If you have relative levels of importance, you can nest em elements to make the contents extra emphatic.

The <i> element “represents a span of text in an alternate voice or mood, or otherwise offset from the normal prose, such as a taxonomic designation, a technical term, an idiomatic phrase from another language, a thought, a ship name, or some other prose whose typical typographic presentation is italicized.”

Here are some examples of <i> where <em> would not be appropriate:

<p>The <i>Titanic</i> sails at dawn.</p>
<p>The design needs a bit more <i lang=fr>ooh la la</i>.</p>
<p>You, sir, deserve a jolly good kick up the <i>gluteus
maximus</i>!</p>

<strong>, <b>

The strong element represents strong importance for its contents but, unlike <em>, it does not change the meaning of the sentence. For example,

<p><strong>Warning! This banana is dangerous.</strong></p>

You can nest strong elements to make them extra-important.

The <b> element “represents a span of text to be stylistically offset from the normal prose without conveying any extra importance, such as key words in a document abstract, product names in a review, or other spans of text whose typical typographic presentation is boldened.”

For example:

<p>Remy never forgot his fifth birthday—feasting on
¬ <b>powdered toast</b> and the joy of opening his gift:
¬ a <b>Log from Blammo!</b>.</p>

<hr>

The <hr> element is now media-independent and indicates “a paragraph-level thematic break.” A comment on HTML5doctor put it nicely: It’s the markup equivalent of the “* * *” that is often used in stories and essays.
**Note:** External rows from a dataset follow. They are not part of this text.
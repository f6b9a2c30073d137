//! Definitions of what stands over a node's disk, and of what a task comes to at a node, by what is kept of it and by what its lines tell.
//!
//! The crate has definitions, and nothing that runs. `specs/Standing` has what a node stands for, `specs/Holding` what a disk holds from one state to a later
//! one, `specs/Keeping` what a task comes to in the world, `specs/Telling` what its lines tell, and `specs/Moments` which moments can be shown.
#![tactic(auto)]

pub use node_table::Stored;
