//! What a file has once records were loaded into it, in the order of their keys: the pages of its buckets, and the laws that such pages are a file of just
//! these records.
//!
//! The crate has definitions and laws, and nothing that runs. `specs/` has, from the bottom up: `Records` (keys with their records), `Pages` (what stands in
//! buckets), `Chains`, `Cells` and `Keys` (the pages of each organization), `Loads` (what is asked of records, and what the file has) and `Laws`.
#![tactic(auto)]

ghost use Rattle.load_laws.specs.Laws.{PagesLoad, HeadLoads, PagesCount};

/// Where the pages of a load stand in the buckets of a file, it has just the records, and is laid out as any change of it wants that.
pub fn pages_load()
    ensures { PagesLoad }
{}

/// The head that a load tells is that of a file.
pub fn head_loads()
    ensures { HeadLoads }
{}

/// A load has as many pages as buckets are told of it.
pub fn pages_count()
    ensures { PagesCount }
{}
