//! Laws on resource managers, of all legal transcripts.
//!
//! The crate has definitions and laws, and nothing that runs. `specs/Promises` has all of them in one record, with one of `run_laws`.
#![tactic(auto)]

ghost use Rattle.manager_laws.specs.Asking.{PendingAskedHold};
ghost use Rattle.manager_laws.specs.Joined.{JoinedAreDeclared};
ghost use Rattle.manager_laws.specs.Joining.{AtOnceHold, PendingJoinedHold};
ghost use Rattle.manager_laws.specs.Members.{EventsOfMembersHold, RepliesOfMembersHold};
ghost use Rattle.manager_laws.specs.Promises.{ManagerPromisesHold};
ghost use Rattle.manager_laws.specs.Replying.{LeavesHold, RepliesHold};
ghost use Rattle.manager_laws.specs.Telling.{AbortsToldHold, CommitsToldHold, DeclaresHold, RetoldHold};

/// In each world that a legal transcript leads to, each resource manager that has joined an unsettled branch which is not prepared is declared at
/// the branch's node, while that is up. So an event of such a branch to a manager that joined it is shown, by what `table_lines` shows.
pub fn joined_are_declared()
    ensures { JoinedAreDeclared }
{}

/// In every legal transcript a branch is shown to be prepared, to have left as read-only or to be committed only when no reply of a resource manager
/// is missing: each manager that joined it before, by a JOIN_RM that succeeded, has given since a reply that PREPARE or ONEPHASE may have, by an
/// ACK_EVENT that was taken, and not a veto. So it is of a commitment that a boot shows, unless the disk had it before the first line and no INIT has
/// made its volume anew since. Where the branch leaves as read-only, each of them has replied SS$_FORGET.
pub fn replies_come_first()
    ensures replies { RepliesHold }
    ensures leaves { LeavesHold }
{}

/// In every legal transcript an END_TRANS that is answered PENDING names just the resource managers that it asks for their replies: each that it names
/// has the event PREPARE or ONEPHASE among its lines, of the first branch of the transaction, and it shows no event of another manager.
pub fn pending_are_asked()
    ensures { PendingAskedHold }
{}

/// In every legal transcript an END_TRANS that is answered PENDING names just the resource managers that joined the first branch of its transaction: each
/// that it names did so, by a JOIN_RM that succeeded with a label of that branch at its node, and each that did so is named.
pub fn pending_are_joined()
    ensures { PendingJoinedHold }
{}

/// In every legal transcript an END_TRANS that commits at once ends a transaction in which nothing else takes part: no branch was told to have joined it,
/// and no resource manager joined its first branch, by a JOIN_RM that succeeded.
pub fn ends_at_once_alone()
    ensures { AtOnceHold }
{}

/// In every legal transcript what a resource manager is told of the outcome of a branch is its outcome, over all stops and restarts. An event COMMIT
/// stands behind a line that shows the commitment, in its statement or an earlier one, and the branch is committed so for good; or it is shown for a
/// DECLARE_RM, of a branch whose committed record stood on its node's disk before the first line and waited for the manager, where no INIT has made
/// that volume anew since. Of such a record only that it stood there is said. An event ABORT stands in the statement that shows the branch aborted,
/// behind that line, and the branch is aborted so for good. A DECLARE_RM shows nothing but events COMMIT to its manager, of branches of its node.
pub fn outcomes_are_told()
    ensures commits { CommitsToldHold }
    ensures aborts { AbortsToldHold }
    ensures declares { DeclaresHold }
{}

/// In every legal transcript a commitment of which a resource manager was told, by whatever statement, it is told at each later DECLARE_RM of it that
/// succeeds at the branch's node, over all failures and restarts, until a statement has it reply SS$_FORGET there, or may make the volume anew.
pub fn commitments_are_retold()
    ensures { RetoldHold }
{}

/// In every legal transcript resource managers take part only in branches that they joined. A reply of one is taken only for a branch which it joined by
/// a JOIN_RM that succeeded, or of which a record stood on its node's disk before the first line and named the manager, where no INIT has made that
/// volume anew since; and only of such a branch is it told an event, be it PREPARE, ONEPHASE, COMMIT or ABORT.
pub fn members_take_part()
    ensures replies { RepliesOfMembersHold }
    ensures events { EventsOfMembersHold }
{}

/// Every legal transcript keeps the promises of `ManagerPromises`: those of this crate, and that of `run_laws` that a veto aborts its branch.
pub fn manager_promises_hold()
    ensures { ManagerPromisesHold }
{
    run_laws::owing::vetoes_abort();
}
We were about to write it off as a historical curiosity when fellow Doctor Oli Studholme wrote “<hr> is used as a section separator quite frequently in Japanese design. They’re generally hidden via CSS but visible when viewed on cHTML cell phone browsers, which only support very basic CSS and don’t get the visual design (and with it the visual separation of sections).”

Our advice: use sectioning content and headings instead with CSS for pretty dividers.

<small>

The <small> element has been completely redefined, from simply being a generic presentational element to make text appear smaller to actually represent “small print,” which “typically features disclaimers, caveats, legal restrictions, or copyrights. Small print is also sometimes used for attribution, or for satisfying licensing requirements.”

If the whole page is a “legalese” page, don’t use <small>. In that case, the legal text is the main content, so there is no need to use an element to differentiate the legalese. It’s only for short runs of text. <small> has no bearing on <strong> or <em> elements.

Removed Elements

Some elements you may know from HTML4 have been made completely obsolete in HTML5, such as <applet> (use <embed> instead), <big>, <blink>, <center>, <font>, and <marquee>. They will not validate and must not be used by authors. Frames are gone (but <iframe> remains). Good riddance.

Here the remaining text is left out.